* Assigned task
Below are lines of data; give the number of them that contain "struct", and only that.

* Records for this exercise
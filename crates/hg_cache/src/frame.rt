//! A page in memory.
use hg_cells::Page;

/// A page in memory.
#[derive(Drop)]
pub struct Frame {
    /// Its cells.
    pub cells: Page,
    /// Whether it was changed since it was new, read from its slot or written to it.
    pub is_dirty: bool,
}

/// A frame in its place, and the page that has it.
#[derive(Drop)]
pub(crate) struct Placed {
    pub(crate) page: u64,
    pub(crate) frame: Frame,
}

* Solution to this problem
2